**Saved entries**
──────────

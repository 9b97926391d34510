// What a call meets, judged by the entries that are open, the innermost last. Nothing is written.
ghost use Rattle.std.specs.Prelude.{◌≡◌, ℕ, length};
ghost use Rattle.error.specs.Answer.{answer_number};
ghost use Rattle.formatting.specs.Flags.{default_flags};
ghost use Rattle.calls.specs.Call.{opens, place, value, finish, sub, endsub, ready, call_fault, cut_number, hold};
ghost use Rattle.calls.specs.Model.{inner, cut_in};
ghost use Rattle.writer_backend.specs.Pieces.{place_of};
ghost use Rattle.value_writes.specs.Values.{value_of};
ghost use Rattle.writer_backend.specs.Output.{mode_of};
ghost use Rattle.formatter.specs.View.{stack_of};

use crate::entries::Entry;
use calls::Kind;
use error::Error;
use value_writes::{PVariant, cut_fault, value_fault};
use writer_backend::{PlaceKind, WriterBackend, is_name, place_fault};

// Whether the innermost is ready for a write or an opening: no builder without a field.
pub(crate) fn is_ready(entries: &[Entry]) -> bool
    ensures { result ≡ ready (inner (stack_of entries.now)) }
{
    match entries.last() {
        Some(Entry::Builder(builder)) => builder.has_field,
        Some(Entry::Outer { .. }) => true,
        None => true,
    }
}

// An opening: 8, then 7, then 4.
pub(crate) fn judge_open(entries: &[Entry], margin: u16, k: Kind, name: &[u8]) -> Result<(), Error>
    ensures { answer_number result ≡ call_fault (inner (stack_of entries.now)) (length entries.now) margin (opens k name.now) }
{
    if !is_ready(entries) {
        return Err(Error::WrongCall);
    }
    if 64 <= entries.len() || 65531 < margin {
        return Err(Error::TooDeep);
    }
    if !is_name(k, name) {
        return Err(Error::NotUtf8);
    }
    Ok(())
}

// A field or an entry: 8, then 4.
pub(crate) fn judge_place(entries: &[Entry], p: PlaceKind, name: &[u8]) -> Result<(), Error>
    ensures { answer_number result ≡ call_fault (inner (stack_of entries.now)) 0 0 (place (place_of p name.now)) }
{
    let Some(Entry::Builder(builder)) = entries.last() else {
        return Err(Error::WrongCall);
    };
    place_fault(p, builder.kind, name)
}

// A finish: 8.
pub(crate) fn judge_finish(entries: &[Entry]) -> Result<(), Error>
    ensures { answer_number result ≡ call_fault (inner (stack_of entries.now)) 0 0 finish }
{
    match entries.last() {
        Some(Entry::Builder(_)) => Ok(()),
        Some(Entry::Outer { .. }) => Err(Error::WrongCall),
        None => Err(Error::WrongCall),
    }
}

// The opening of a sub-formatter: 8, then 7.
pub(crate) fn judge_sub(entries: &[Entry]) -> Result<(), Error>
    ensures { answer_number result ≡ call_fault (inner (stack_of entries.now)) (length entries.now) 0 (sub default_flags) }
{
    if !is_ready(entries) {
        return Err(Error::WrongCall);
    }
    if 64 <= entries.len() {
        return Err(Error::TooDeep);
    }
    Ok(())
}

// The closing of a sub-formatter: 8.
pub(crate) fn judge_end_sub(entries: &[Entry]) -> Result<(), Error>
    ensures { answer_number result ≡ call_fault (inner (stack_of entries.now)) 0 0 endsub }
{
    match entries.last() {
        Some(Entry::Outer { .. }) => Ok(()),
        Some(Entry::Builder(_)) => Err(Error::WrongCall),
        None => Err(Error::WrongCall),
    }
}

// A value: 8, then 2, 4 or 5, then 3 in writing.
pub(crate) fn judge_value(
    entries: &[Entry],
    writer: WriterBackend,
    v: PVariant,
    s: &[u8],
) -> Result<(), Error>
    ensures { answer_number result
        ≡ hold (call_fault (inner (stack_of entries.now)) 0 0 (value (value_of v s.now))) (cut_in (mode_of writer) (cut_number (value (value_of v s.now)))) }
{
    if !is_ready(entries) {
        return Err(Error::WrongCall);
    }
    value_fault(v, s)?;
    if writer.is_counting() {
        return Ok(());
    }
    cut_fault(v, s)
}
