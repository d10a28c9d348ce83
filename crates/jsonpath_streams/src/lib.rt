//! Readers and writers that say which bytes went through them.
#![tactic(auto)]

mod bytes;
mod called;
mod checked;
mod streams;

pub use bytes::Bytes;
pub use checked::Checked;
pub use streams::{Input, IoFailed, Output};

──────────

**What to do**
Output the entire data exactly, line for line.

**Output of the task**
repository 9b97926391d34510
// What a call meets, judged by the entries that are open, the innermost last. Nothing is written.
ghost use Rattle.std.specs.Prelude.{◌≡◌, ℕ, length};
ghost use Rattle.error.specs.Answer.{answer_number};
ghost use Rattle.formatting.specs.Flags.{default_flags};
ghost use Rattle.calls.specs.Call.{opens, place, value, finish, sub, endsub, ready, call_fault, cut_number, hold};
ghost use Rattle.calls.specs.Model.{inner, cut_in};
ghost use Rattle.writer_backend.specs.Pieces.{place_of};
ghost use Rattle.value_writes.specs.Values.{value_of};
ghost use Rattle.writer_backend.specs.Output.{mode_of};
ghost use Rattle.formatter.specs.View.{stack_of};

use crate::entries::Entry;
use calls::Kind;
use error::Error;
use value_writes::{PVariant, cut_fault, value_fault};
use writer_backend::{PlaceKind, WriterBackend, is_name, place_fault};

// Whether the innermost is ready for a write or an opening: no builder without a field.
pub(crate) fn is_ready(entries: &[Entry]) -> bool
    ensures { result ≡ ready (inner (stack_of entries.now)) }
{
    match entries.last() {
        Some(Entry::Builder(builder)) => builder.has_field,
        Some(Entry::Outer { .. }) => true,
        None => true,
    }
}

// An opening: 8, then 7, then 4.
pub(crate) fn judge_open(entries: &[Entry], margin: u16, k: Kind, name: &[u8]) -> Result<(), Error>
    ensures { answer_number result ≡ call_fault (inner (stack_of entries.now)) (length entries.now) margin (opens k name.now) }
{
    if !is_ready(entries) {
        return Err(Error::WrongCall);
    }
    if 64 <= entries.len() || 65531 < margin {
        return Err(Error::TooDeep);
    }
    if !is_name(k, name) {
        return Err(Error::NotUtf8);
    }
    Ok(())
}

// A field or an entry: 8, then 4.
pub(crate) fn judge_place(entries: &[Entry], p: PlaceKind, name: &[u8]) -> Result<(), Error>
    ensures { answer_number result ≡ call_fault (inner (stack_of entries.now)) 0 0 (place (place_of p name.now)) }
{
    let Some(Entry::Builder(builder)) = entries.last() else {
        return Err(Error::WrongCall);
    };
    place_fault(p, builder.kind, name)
}

// A finish: 8.
pub(crate) fn judge_finish(entries: &[Entry]) -> Result<(), Error>
    ensures { answer_number result ≡ call_fault (inner (stack_of entries.now)) 0 0 finish }
{
    match entries.last() {
        Some(Entry::Builder(_)) => Ok(()),
        Some(Entry::Outer { .. }) => Err(Error::WrongCall),
        None => Err(Error::WrongCall),
    }
}

// The opening of a sub-formatter: 8, then 7.
pub(crate) fn judge_sub(entries: &[Entry]) -> Result<(), Error>
    ensures { answer_number result ≡ call_fault (inner (stack_of entries.now)) (length entries.now) 0 (sub default_flags) }
{
    if !is_ready(entries) {
        return Err(Error::WrongCall);
    }
    if 64 <= entries.len() {
        return Err(Error::TooDeep);
    }
    Ok(())
}

// The closing of a sub-formatter: 8.
pub(crate) fn judge_end_sub(entries: &[Entry]) -> Result<(), Error>
    ensures { answer_number result ≡ call_fault (inner (stack_of entries.now)) 0 0 endsub }
{
    match entries.last() {
        Some(Entry::Outer { .. }) => Ok(()),
        Some(Entry::Builder(_)) => Err(Error::WrongCall),
        None => Err(Error::WrongCall),
    }
}

// A value: 8, then 2, 4 or 5, then 3 in writing.
pub(crate) fn judge_value(
    entries: &[Entry],
    writer: WriterBackend,
    v: PVariant,
    s: &[u8],
) -> Result<(), Error>
    ensures { answer_number result
        ≡ hold (call_fault (inner (stack_of entries.now)) 0 0 (value (value_of v s.now))) (cut_in (mode_of writer) (cut_number (value (value_of v s.now)))) }
{
    if !is_ready(entries) {
        return Err(Error::WrongCall);
    }
    value_fault(v, s)?;
    if writer.is_counting() {
        return Ok(());
    }
    cut_fault(v, s)
}
repository d10a28c9d348ce83
filename crates/jsonpath_streams/src/lib.rt
//! Readers and writers that say which bytes went through them.
#![tactic(auto)]

mod bytes;
mod called;
mod checked;
mod streams;

pub use bytes::Bytes;
pub use checked::Checked;
pub use streams::{Input, IoFailed, Output};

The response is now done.